* [Brief]:
Look through the records and report how many lines include the word "CEntry", with no other words.

* [Provided material]:
+--

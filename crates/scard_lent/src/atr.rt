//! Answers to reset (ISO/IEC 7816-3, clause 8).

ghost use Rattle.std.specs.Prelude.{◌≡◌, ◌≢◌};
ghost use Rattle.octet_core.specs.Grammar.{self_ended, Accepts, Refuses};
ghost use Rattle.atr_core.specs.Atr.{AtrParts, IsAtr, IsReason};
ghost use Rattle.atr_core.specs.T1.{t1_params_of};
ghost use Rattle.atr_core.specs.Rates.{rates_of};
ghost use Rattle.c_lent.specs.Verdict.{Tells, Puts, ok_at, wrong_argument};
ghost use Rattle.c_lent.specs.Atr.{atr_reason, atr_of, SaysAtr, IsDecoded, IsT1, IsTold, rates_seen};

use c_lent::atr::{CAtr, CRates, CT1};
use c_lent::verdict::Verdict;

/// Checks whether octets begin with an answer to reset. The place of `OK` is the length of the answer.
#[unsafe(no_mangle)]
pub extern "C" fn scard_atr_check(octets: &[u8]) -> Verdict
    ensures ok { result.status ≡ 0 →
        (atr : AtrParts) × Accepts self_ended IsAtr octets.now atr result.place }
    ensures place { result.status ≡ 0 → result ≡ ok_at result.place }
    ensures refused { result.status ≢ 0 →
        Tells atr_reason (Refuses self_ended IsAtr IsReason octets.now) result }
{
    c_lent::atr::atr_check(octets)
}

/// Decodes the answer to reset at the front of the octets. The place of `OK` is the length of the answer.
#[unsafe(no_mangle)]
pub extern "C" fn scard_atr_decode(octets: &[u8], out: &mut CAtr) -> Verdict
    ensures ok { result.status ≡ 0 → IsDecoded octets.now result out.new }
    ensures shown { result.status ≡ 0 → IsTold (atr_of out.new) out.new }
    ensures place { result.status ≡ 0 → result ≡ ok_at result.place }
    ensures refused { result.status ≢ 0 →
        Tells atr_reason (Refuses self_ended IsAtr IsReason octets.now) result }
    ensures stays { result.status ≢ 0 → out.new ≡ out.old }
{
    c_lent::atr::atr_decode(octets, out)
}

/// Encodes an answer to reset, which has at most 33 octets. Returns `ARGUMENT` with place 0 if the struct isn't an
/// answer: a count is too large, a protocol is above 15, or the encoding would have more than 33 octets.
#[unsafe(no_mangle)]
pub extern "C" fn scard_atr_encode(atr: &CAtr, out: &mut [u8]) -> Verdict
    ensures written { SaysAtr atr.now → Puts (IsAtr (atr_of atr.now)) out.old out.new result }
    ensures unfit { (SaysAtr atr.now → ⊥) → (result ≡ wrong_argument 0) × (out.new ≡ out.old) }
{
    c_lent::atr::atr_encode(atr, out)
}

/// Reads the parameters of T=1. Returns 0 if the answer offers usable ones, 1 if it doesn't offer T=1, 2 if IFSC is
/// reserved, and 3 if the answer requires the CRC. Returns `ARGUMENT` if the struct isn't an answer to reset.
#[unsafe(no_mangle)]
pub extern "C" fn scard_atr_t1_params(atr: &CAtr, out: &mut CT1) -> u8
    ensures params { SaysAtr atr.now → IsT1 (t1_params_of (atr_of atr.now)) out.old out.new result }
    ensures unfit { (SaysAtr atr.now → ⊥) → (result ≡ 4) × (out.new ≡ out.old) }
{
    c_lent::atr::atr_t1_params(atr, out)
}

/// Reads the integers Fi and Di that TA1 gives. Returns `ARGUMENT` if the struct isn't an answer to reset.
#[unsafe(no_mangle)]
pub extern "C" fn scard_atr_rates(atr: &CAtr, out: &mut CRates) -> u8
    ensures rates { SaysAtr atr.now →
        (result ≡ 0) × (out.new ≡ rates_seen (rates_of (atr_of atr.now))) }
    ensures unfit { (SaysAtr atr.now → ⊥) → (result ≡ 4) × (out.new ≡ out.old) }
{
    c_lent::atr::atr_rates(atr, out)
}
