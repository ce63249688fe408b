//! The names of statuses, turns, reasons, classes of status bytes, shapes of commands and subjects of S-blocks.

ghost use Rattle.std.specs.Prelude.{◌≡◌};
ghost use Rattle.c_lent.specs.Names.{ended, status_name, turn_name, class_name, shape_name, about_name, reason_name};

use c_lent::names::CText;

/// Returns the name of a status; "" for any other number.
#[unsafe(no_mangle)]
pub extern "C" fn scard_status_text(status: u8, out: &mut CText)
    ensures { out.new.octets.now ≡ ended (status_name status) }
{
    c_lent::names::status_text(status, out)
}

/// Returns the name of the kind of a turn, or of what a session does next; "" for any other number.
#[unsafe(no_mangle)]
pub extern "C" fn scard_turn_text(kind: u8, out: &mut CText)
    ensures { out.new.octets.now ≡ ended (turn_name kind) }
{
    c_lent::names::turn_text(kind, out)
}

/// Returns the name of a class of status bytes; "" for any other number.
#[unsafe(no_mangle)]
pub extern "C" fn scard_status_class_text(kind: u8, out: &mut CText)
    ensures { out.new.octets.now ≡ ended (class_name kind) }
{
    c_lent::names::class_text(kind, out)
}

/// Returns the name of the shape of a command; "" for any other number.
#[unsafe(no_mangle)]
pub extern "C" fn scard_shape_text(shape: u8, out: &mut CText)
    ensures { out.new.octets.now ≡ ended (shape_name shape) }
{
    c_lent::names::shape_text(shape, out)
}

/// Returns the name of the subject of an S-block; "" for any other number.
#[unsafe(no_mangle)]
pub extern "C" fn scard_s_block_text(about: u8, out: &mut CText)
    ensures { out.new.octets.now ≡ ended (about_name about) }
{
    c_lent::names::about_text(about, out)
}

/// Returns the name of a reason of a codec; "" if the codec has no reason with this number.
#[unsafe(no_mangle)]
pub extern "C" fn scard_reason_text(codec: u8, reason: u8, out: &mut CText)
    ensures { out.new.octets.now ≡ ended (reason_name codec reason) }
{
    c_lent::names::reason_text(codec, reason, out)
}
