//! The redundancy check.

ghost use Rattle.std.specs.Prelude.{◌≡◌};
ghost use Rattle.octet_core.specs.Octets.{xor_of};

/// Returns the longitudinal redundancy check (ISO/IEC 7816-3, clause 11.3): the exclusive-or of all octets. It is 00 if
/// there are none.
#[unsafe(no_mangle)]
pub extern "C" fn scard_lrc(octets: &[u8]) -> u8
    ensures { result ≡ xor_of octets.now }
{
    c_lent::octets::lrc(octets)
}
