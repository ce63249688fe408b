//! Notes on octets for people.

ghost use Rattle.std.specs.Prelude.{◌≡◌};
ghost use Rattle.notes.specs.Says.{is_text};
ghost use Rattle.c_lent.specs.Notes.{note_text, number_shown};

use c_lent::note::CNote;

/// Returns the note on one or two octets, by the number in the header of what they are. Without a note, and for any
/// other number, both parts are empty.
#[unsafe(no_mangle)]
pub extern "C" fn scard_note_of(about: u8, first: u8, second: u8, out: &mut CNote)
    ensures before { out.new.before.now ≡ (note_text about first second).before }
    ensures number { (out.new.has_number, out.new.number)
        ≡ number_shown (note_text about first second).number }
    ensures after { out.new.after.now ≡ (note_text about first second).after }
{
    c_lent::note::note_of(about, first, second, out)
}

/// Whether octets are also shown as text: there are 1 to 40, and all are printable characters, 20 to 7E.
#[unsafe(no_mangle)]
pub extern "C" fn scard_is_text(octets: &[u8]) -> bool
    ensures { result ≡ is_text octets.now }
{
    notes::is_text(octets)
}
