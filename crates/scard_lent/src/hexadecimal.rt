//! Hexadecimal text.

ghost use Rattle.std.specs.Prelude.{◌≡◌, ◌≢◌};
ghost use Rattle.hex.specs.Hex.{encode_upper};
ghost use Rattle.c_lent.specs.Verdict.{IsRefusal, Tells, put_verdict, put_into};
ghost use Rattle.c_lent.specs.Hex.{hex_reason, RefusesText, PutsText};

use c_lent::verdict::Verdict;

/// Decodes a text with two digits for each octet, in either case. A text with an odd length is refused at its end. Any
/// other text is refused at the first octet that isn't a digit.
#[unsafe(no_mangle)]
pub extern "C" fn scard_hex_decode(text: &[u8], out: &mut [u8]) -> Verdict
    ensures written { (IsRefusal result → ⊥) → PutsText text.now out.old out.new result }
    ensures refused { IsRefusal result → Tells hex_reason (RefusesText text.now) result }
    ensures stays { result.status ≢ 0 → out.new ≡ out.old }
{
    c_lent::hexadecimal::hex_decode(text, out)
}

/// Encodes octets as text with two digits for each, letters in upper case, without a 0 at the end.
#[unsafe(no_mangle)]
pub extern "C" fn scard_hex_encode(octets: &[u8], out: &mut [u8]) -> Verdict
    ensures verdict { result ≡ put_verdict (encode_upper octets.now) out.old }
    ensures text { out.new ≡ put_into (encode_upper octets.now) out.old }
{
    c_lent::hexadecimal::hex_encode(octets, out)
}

+--

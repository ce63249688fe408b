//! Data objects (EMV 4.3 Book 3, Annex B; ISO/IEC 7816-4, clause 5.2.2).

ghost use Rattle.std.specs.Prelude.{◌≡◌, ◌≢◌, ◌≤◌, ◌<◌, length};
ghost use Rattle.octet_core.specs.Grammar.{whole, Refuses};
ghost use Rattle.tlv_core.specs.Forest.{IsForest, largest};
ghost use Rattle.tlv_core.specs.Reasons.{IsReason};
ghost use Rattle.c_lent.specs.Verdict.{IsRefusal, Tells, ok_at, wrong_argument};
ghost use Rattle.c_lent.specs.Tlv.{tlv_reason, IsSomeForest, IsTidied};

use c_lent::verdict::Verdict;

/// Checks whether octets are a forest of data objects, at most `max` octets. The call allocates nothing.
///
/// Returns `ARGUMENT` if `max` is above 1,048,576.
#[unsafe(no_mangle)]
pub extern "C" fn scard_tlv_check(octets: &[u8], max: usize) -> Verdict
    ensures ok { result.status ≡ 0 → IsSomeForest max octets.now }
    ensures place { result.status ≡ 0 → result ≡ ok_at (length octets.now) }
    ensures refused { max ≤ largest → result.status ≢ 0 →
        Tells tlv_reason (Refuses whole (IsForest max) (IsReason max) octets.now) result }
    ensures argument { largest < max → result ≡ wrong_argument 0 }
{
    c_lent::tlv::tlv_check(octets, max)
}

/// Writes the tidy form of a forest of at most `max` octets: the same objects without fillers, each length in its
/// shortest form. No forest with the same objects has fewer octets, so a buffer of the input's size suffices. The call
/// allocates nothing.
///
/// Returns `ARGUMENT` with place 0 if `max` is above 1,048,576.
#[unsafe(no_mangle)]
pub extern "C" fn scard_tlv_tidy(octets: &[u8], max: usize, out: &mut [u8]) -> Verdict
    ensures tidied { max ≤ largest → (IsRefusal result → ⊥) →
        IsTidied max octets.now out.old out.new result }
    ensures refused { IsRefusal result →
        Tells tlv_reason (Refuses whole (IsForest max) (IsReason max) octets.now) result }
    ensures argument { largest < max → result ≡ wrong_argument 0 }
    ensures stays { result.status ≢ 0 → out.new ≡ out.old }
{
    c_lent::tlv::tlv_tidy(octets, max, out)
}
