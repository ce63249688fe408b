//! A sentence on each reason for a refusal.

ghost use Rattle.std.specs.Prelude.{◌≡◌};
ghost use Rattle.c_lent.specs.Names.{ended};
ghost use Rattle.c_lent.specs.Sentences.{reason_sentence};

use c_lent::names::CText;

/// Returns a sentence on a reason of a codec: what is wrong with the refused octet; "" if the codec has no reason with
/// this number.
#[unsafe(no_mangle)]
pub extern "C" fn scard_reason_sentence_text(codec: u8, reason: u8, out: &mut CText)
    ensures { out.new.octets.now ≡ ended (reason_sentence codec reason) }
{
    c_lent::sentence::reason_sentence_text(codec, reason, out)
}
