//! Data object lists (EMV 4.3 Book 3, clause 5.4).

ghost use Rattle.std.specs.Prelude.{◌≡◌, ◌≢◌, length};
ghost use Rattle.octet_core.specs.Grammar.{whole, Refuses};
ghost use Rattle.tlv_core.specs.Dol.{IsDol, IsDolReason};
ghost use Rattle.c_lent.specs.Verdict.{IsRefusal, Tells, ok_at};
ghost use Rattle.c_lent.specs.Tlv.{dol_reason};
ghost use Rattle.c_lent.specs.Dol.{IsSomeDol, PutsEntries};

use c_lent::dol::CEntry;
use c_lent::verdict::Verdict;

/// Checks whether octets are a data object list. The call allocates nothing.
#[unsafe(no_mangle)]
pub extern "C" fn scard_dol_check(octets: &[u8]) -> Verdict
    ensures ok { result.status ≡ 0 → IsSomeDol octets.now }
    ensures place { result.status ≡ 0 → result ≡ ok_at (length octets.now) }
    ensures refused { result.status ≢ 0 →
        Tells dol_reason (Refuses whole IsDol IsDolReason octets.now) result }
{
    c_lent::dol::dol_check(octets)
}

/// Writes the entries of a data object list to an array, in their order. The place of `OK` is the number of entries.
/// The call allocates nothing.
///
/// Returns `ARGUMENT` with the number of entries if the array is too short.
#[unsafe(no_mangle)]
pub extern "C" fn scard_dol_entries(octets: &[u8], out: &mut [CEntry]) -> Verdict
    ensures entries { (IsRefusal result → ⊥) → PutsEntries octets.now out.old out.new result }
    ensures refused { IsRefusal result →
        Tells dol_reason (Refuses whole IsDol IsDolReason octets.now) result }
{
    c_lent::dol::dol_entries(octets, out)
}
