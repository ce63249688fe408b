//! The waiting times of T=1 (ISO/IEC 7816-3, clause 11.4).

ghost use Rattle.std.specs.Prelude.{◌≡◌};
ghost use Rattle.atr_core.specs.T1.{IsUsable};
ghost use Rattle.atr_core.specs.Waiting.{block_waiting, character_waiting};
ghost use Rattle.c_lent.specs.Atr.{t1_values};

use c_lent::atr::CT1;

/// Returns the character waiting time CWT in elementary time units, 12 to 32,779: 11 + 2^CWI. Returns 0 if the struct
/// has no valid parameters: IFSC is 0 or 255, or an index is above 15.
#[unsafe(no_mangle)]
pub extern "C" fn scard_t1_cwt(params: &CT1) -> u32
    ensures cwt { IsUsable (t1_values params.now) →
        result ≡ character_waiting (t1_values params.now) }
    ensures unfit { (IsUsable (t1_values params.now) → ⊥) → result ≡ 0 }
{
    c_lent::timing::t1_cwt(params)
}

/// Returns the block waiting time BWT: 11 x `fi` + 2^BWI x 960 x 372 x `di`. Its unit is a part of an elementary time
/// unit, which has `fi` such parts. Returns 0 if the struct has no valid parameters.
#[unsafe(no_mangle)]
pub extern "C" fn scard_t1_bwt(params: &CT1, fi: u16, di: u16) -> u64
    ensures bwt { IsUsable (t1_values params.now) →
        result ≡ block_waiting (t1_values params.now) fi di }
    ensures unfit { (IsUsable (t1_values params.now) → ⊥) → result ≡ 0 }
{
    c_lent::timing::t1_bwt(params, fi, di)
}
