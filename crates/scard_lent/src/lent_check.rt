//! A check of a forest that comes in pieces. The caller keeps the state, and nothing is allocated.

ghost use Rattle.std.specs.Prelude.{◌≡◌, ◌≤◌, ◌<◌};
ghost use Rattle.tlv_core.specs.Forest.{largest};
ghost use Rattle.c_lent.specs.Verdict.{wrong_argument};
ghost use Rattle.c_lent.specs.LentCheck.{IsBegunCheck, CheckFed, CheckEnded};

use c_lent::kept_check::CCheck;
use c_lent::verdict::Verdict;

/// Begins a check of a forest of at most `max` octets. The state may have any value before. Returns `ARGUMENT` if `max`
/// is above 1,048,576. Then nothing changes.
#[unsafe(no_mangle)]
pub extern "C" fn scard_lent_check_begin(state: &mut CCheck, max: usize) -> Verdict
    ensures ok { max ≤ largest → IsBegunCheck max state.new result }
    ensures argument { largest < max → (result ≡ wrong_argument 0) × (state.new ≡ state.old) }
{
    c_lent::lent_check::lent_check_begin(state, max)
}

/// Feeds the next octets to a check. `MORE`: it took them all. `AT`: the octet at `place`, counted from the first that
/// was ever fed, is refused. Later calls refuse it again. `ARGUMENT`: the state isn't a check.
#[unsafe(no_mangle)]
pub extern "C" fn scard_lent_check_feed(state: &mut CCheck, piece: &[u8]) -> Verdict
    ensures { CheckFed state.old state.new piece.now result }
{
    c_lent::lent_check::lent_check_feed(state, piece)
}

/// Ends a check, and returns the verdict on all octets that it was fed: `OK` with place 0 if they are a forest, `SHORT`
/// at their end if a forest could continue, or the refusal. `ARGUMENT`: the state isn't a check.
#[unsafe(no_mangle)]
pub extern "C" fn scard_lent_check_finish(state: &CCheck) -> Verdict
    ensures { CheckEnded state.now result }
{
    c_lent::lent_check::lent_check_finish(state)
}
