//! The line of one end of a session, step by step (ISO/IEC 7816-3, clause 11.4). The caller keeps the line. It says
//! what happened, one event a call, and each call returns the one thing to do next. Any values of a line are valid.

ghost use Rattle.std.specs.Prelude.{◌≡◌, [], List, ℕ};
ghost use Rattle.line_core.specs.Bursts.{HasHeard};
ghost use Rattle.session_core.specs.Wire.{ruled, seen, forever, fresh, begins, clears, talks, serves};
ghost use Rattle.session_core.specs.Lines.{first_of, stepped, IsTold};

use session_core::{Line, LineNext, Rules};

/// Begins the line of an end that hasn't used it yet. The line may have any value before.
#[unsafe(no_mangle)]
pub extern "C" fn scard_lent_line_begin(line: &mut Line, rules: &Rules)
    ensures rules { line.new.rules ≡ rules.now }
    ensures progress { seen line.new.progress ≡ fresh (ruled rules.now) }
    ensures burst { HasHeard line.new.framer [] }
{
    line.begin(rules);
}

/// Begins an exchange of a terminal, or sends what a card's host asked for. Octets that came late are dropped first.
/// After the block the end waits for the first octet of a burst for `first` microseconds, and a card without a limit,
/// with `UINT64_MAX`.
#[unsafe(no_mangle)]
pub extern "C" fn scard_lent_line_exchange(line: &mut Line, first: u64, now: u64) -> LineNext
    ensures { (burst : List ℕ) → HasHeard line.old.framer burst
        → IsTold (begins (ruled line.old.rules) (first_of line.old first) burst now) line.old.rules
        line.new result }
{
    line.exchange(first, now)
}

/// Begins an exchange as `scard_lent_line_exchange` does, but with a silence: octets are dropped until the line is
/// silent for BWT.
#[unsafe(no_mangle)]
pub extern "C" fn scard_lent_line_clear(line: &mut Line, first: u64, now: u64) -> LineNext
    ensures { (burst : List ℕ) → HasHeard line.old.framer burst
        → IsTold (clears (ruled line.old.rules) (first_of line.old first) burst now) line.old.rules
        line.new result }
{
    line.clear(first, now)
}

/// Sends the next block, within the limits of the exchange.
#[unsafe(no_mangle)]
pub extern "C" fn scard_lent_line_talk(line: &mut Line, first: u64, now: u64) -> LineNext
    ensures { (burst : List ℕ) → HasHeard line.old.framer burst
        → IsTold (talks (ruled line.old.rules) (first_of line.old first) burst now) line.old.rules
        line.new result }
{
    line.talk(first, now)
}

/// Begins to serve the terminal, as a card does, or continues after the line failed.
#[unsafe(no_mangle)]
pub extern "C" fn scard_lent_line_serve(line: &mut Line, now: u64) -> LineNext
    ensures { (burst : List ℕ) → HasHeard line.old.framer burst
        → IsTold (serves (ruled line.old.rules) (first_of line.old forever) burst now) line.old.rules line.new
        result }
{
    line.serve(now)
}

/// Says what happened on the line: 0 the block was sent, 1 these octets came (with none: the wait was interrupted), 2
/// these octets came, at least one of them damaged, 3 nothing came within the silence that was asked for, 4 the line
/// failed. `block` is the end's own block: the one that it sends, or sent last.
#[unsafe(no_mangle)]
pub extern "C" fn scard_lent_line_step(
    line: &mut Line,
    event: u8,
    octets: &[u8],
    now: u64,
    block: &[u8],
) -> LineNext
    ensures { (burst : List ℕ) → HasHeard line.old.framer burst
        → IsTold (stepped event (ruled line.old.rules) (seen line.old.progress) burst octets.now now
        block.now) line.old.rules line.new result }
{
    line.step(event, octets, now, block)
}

+--

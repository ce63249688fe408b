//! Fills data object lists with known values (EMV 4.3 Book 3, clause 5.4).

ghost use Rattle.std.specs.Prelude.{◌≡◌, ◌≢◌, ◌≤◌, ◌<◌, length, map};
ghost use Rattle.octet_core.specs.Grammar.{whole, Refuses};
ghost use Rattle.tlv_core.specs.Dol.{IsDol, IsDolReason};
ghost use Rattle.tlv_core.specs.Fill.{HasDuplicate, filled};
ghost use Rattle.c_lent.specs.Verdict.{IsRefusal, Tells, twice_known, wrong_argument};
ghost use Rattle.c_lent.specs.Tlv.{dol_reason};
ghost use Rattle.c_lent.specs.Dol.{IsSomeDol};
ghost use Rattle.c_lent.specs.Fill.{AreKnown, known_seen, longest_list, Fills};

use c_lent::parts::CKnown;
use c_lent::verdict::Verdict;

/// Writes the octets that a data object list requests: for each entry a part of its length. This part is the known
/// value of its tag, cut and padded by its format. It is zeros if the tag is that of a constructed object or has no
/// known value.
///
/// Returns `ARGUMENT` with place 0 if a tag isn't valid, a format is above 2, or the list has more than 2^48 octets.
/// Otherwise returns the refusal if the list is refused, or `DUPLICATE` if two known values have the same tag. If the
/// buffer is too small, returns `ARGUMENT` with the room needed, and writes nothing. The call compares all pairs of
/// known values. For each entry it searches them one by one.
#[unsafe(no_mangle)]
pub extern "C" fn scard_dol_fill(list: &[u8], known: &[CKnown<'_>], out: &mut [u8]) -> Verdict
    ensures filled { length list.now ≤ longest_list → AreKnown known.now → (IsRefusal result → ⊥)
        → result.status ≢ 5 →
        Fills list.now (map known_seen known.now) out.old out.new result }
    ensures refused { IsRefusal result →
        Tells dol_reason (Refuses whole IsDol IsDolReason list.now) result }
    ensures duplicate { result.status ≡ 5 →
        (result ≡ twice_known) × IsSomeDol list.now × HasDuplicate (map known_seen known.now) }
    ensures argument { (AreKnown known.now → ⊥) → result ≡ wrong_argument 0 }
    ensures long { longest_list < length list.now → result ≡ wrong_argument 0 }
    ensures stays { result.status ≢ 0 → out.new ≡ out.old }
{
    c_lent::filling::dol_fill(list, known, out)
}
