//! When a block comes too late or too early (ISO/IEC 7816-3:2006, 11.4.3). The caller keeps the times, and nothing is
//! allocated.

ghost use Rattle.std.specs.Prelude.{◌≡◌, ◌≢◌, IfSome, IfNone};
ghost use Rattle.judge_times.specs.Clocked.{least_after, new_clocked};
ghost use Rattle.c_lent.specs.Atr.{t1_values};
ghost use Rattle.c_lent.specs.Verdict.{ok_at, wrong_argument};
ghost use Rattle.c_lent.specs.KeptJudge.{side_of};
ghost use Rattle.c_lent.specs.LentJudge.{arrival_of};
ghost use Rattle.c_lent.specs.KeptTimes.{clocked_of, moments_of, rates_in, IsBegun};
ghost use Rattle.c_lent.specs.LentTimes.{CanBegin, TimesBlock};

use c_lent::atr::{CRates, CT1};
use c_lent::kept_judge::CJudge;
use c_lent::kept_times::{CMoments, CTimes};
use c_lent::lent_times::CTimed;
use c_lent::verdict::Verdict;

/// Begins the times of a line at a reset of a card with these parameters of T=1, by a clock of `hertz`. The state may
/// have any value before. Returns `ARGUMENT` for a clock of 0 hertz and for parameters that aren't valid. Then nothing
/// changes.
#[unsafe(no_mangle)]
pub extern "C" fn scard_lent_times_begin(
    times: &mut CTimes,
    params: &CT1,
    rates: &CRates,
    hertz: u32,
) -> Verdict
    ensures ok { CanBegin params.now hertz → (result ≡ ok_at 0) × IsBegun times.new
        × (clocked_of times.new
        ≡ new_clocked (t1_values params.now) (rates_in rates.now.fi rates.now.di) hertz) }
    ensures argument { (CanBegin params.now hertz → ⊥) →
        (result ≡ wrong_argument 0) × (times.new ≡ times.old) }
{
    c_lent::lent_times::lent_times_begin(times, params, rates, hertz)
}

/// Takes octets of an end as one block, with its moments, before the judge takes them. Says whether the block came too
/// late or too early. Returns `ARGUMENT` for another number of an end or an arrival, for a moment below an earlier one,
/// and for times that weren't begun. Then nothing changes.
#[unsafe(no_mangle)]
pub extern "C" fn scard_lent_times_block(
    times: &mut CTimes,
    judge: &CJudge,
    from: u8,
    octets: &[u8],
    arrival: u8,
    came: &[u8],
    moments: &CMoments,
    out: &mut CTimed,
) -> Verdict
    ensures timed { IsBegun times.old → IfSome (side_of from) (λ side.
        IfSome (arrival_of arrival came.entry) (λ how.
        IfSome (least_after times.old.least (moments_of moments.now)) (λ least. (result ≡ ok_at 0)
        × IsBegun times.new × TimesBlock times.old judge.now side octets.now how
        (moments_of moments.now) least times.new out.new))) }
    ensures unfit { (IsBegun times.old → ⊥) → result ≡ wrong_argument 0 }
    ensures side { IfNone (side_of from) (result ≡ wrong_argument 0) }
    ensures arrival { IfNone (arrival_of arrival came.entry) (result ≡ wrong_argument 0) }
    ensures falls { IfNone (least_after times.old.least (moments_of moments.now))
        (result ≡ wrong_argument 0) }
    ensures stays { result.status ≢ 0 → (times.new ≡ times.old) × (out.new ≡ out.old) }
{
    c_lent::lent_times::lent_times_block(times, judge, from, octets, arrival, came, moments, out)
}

+--

* [Task response]:
2